- [Source material]

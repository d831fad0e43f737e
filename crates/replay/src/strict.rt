//! Vectors of a strict reader's answers: what is read, its bytes, and `ok` or `refused` with the place.

use crate::columns::columns;
use crate::mismatch::Mismatch;
use crate::readers::read_strictly;
use std::alloc::Global;

/// Holds a strict reader to the vector of a line.
pub fn check(alloc: Global, line: &str) -> Result<(), Mismatch> {
    let (what, input, answer) = columns(line)?;
    let expected = parse_refusal(answer)?;
    let input = hex::decode(alloc, input)?;
    if read_strictly(alloc, what, input.as_slice())?.err() == expected {
        Ok(())
    } else {
        Err(Mismatch::Read)
    }
}

/// The place of the refusal, if there is to be one.
pub fn parse_refusal(answer: &str) -> Result<Option<usize>, Mismatch> {
    if answer == "ok" {
        return Ok(None);
    }
    match answer.split_once(' ') {
        Some(("refused", at)) => Ok(Some(at.parse().ok().ok_or(Mismatch::NotUnderstood)?)),
        _ => Err(Mismatch::NotUnderstood),
    }
}
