//! Vectors of a normaliser's answers: what is read, its bytes, and `ok` with the normal form or `refused` with the
//! place.

use crate::columns::columns;
use crate::mismatch::Mismatch;
use crate::readers::{normalise, read};
use crate::words::runs;
use crate::written::{Written, check_list_to_end, check_written};
use std::alloc::Global;
use wasm_encoder::read_instructions;

/// Holds a normaliser and its reader to the vector of a line.
pub fn check(alloc: Global, line: &str) -> Result<(), Mismatch> {
    let (what, input, answer) = columns(line)?;
    let input = runs(alloc, input)?;
    let input = input.as_slice();
    match answer.split_once(' ') {
        Some(("ok", normal)) => check_taken(alloc, what, input, normal),
        Some(("refused", at)) => check_refused(alloc, what, input, at.parse().ok()),
        _ => Err(Mismatch::NotUnderstood),
    }
}

/// The reader takes the bytes, and they have this normal form, which is its own.
fn check_taken(alloc: Global, what: &str, input: &[u8], normal: &str) -> Result<(), Mismatch> {
    if read(alloc, what, input)?.is_err() {
        return Err(Mismatch::Read);
    }
    let normal = runs(alloc, normal)?;
    let normal = normal.as_slice();
    check_normal(alloc, what, input, normal)?;
    check_normal(alloc, what, normal, normal)?;
    check_calls(alloc, what, input, normal)
}

fn check_normal(alloc: Global, what: &str, input: &[u8], normal: &[u8]) -> Result<(), Mismatch> {
    match normalise(alloc, what, input)? {
        Ok(written) if written.as_slice() == normal => Ok(()),
        _ => Err(Mismatch::Normalised),
    }
}

/// Checks that the calls read are written as the normal form, also if requests for memory are refused. A long input
/// would need too many refusals.
fn check_calls(alloc: Global, what: &str, input: &[u8], normal: &[u8]) -> Result<(), Mismatch> {
    if what != "calls" {
        return Ok(());
    }
    let calls = read_instructions(alloc, input)?;
    let calls = Written::Calls(calls.as_slice());
    if (1..1000).contains(&normal.len()) {
        check_written(alloc, calls, normal)
    } else {
        check_list_to_end(alloc, &mut Vec::new(alloc), calls, normal)
    }
}

/// The normaliser refuses the bytes at this place, and so does the reader, but for a module's, which looks into no body.
fn check_refused(
    alloc: Global,
    what: &str,
    input: &[u8],
    at: Option<usize>,
) -> Result<(), Mismatch> {
    let at = at.ok_or(Mismatch::NotUnderstood)?;
    match normalise(alloc, what, input)? {
        Err(place) if place == at => {}
        _ => return Err(Mismatch::Normalised),
    }
    if what != "module" && read(alloc, what, input)? != Err(at) {
        return Err(Mismatch::Read);
    }
    Ok(())
}
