impl NameSection {
    /// Returns a section without names. Allocates nothing.
    #[tactic(auto, using(crate::proofs::NameSectionLaws::stands_for_none))]
    pub fn new(alloc: Global) -> NameSection
        ensures names { StandsForNames result [] }
        ensures next { result.next ≡ 0 }
    {
        NameSection {
            bytes: Vec::new(alloc),
            next: 0,
        }
    }

    /// Returns the least id that the next subsection may have.
    pub fn next_id(&self) -> u8
        ensures { result ≡ self.now.next }
    {
        self.next
    }

    /// Returns the encoded subsections, which are the contents of the section after its name.
    pub fn as_slice(&self) -> &[u8]
        ensures { result.now ≡ self.now.bytes }
    {
        self.bytes.as_slice()
    }

    /// Names the module.
    ///
    /// Fails with `OutOfOrder` if the section has a subsection.
    #[tactic(auto, using(crate::proofs::NameSectionLaws::adds_module))]
    pub fn module(&mut self, name: &str) -> Result<(), NameError>
        ensures adds { AddsName self.old name.now self.new result }
    {
        self.add(0, &ModuleName { name })
    }

    /// Names functions.
    ///
    /// Fails with `OutOfOrder` if the section has this subsection or a later one.
    #[tactic(auto, using(crate::proofs::NameSectionLaws::adds_functions))]
    pub fn functions(&mut self, names: &NameMap) -> Result<(), NameError>
        ensures adds { AddsNames naming functions 1 self.old names.now self.new result }
    {
        self.add(1, names)
    }

    /// Names the locals of functions.
    ///
    /// Fails with `OutOfOrder` if the section has this subsection or a later one.
    #[tactic(auto, using(crate::proofs::NameSectionLaws::adds_locals))]
    pub fn locals(&mut self, names: &IndirectNameMap) -> Result<(), NameError>
        ensures adds { AddsNames indirect_naming locals 2 self.old names.now self.new result }
    {
        self.add(2, names)
    }

    /// Names the labels of functions.
    ///
    /// Fails with `OutOfOrder` if the section has this subsection or a later one.
    #[tactic(auto, using(crate::proofs::NameSectionLaws::adds_labels))]
    pub fn labels(&mut self, names: &IndirectNameMap) -> Result<(), NameError>
        ensures adds { AddsNames indirect_naming labels 3 self.old names.now self.new result }
    {
        self.add(3, names)
    }

    /// Names types.
    ///
    /// Fails with `OutOfOrder` if the section has this subsection or a later one.
    #[tactic(auto, using(crate::proofs::NameSectionLaws::adds_types))]
    pub fn types(&mut self, names: &NameMap) -> Result<(), NameError>
        ensures adds { AddsNames naming types 4 self.old names.now self.new result }
    {
        self.add(4, names)
    }

    /// Names tables.
    ///
    /// Fails with `OutOfOrder` if the section has this subsection or a later one.
    #[tactic(auto, using(crate::proofs::NameSectionLaws::adds_tables))]
    pub fn tables(&mut self, names: &NameMap) -> Result<(), NameError>
        ensures adds { AddsNames naming tables 5 self.old names.now self.new result }
    {
        self.add(5, names)
    }

    /// Names memories.
    ///
    /// Fails with `OutOfOrder` if the section has this subsection or a later one.
    #[tactic(auto, using(crate::proofs::NameSectionLaws::adds_memories))]
    pub fn memories(&mut self, names: &NameMap) -> Result<(), NameError>
        ensures adds { AddsNames naming memories 6 self.old names.now self.new result }
    {
        self.add(6, names)
    }

    /// Names globals.
    ///
    /// Fails with `OutOfOrder` if the section has this subsection or a later one.
    #[tactic(auto, using(crate::proofs::NameSectionLaws::adds_globals))]
    pub fn globals(&mut self, names: &NameMap) -> Result<(), NameError>
        ensures adds { AddsNames naming globals 7 self.old names.now self.new result }
    {
        self.add(7, names)
    }

    /// Names element segments.
    ///
    /// Fails with `OutOfOrder` if the section has this subsection or a later one.
    #[tactic(auto, using(crate::proofs::NameSectionLaws::adds_elements))]
    pub fn elements(&mut self, names: &NameMap) -> Result<(), NameError>
        ensures adds { AddsNames naming elements 8 self.old names.now self.new result }
    {
        self.add(8, names)
    }

    /// Names data segments.
    ///
    /// Fails with `OutOfOrder` if the section has this subsection or a later one.
    #[tactic(auto, using(crate::proofs::NameSectionLaws::adds_data))]
    pub fn data(&mut self, names: &NameMap) -> Result<(), NameError>
        ensures adds { AddsNames naming data_segments 9 self.old names.now self.new result }
    {
        self.add(9, names)
    }

    /// Names the fields of types.
    ///
    /// Fails with `OutOfOrder` if the section has this subsection or a later one.
    #[tactic(auto, using(crate::proofs::NameSectionLaws::adds_fields))]
    pub fn fields(&mut self, names: &IndirectNameMap) -> Result<(), NameError>
        ensures adds { AddsNames indirect_naming fields 10 self.old names.now self.new result }
    {
        self.add(10, names)
    }

    /// Names tags.
    ///
    /// Fails with `OutOfOrder` if the section has this subsection or a later one.
    #[tactic(auto, using(crate::proofs::NameSectionLaws::adds_tags))]
    pub fn tags(&mut self, names: &NameMap) -> Result<(), NameError>
        ensures adds { AddsNames naming tags 11 self.old names.now self.new result }
    {
        self.add(11, names)
    }

    /// Appends a subsection. On error the section is unchanged.
    fn add<T: Encode>(&mut self, id: u8, content: &T) -> Result<(), NameError>
        requires small { id < 12 }
        ensures in_order { OnOk result (self.old.next ≤ id) }
        ensures out_of_order { id < self.old.next → IsErrOf result errors.OutOfOrder }
        ensures bytes { OnOk result (self.new.bytes ≡ self.old.bytes ++ id ∷ byte_list_bytes (T.bytes content.now)) }
        ensures next { OnOk result (self.new.next ≡ id + 1) }
        ensures counted { OnOk result (IsCount (length (T.bytes content.now))) }
        ensures written { OnOk result (T.IsWritten content.now) }
        ensures same { OnErr result (self.new ≡ self.old) }
        ensures refused { IfErr result (IsNameErrorOf id self.old.next (λ e. IsRefusal T.CanEncode T.refuses content.now e ⊎ IsTooLong (length (T.bytes content.now)) e)) }
    {
        if id < self.next {
            return Err(NameError::OutOfOrder);
        }
        let start = self.bytes.len();
        let result = append_subsection(id, content, &mut self.bytes);
        keep_or_undo(&mut self.bytes, start, result)?;
        self.next = id + 1;
        Ok(())
    }

    /// Copies the section. Fails with `Memory` if it can't allocate.
    pub fn try_clone(&self) -> Result<NameSection, EncodeError>
        ensures makes { Makes self.now result }
    {
        let bytes = Vec::from_slice(*self.bytes.allocator(), self.bytes.as_slice())?;
        Ok(NameSection {
            bytes,
            next: self.next,
        })
    }
}

/// The name of a module.
#[derive(Drop)]
pub(crate) struct ModuleName<'a> {
    pub name: &'a str,
}

impl<'a> Encode for ModuleName<'a> {
    ghost bytes = { λ item. name_format.bytes item.name.now };

    ghost IsWritten = { λ item. IsMinimal name_format.Encodes name_format.bytes item.name.now };

    ghost CanEncode = { λ item. IsCount (length item.name.now) };

    ghost refuses = { OnlyTooLong };

    fn encode<A: Allocator>(&self, sink: &mut Vec<u8, A>) -> Result<(), EncodeError> {
        let start = sink.len();
        let result = append_name(self.name, sink);
        keep_or_undo(sink, start, result)
    }
}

- [Exercise] Within the listing above, how many lines hold the string "normaliser"? Answer with the number only.

- [Result of this task] 3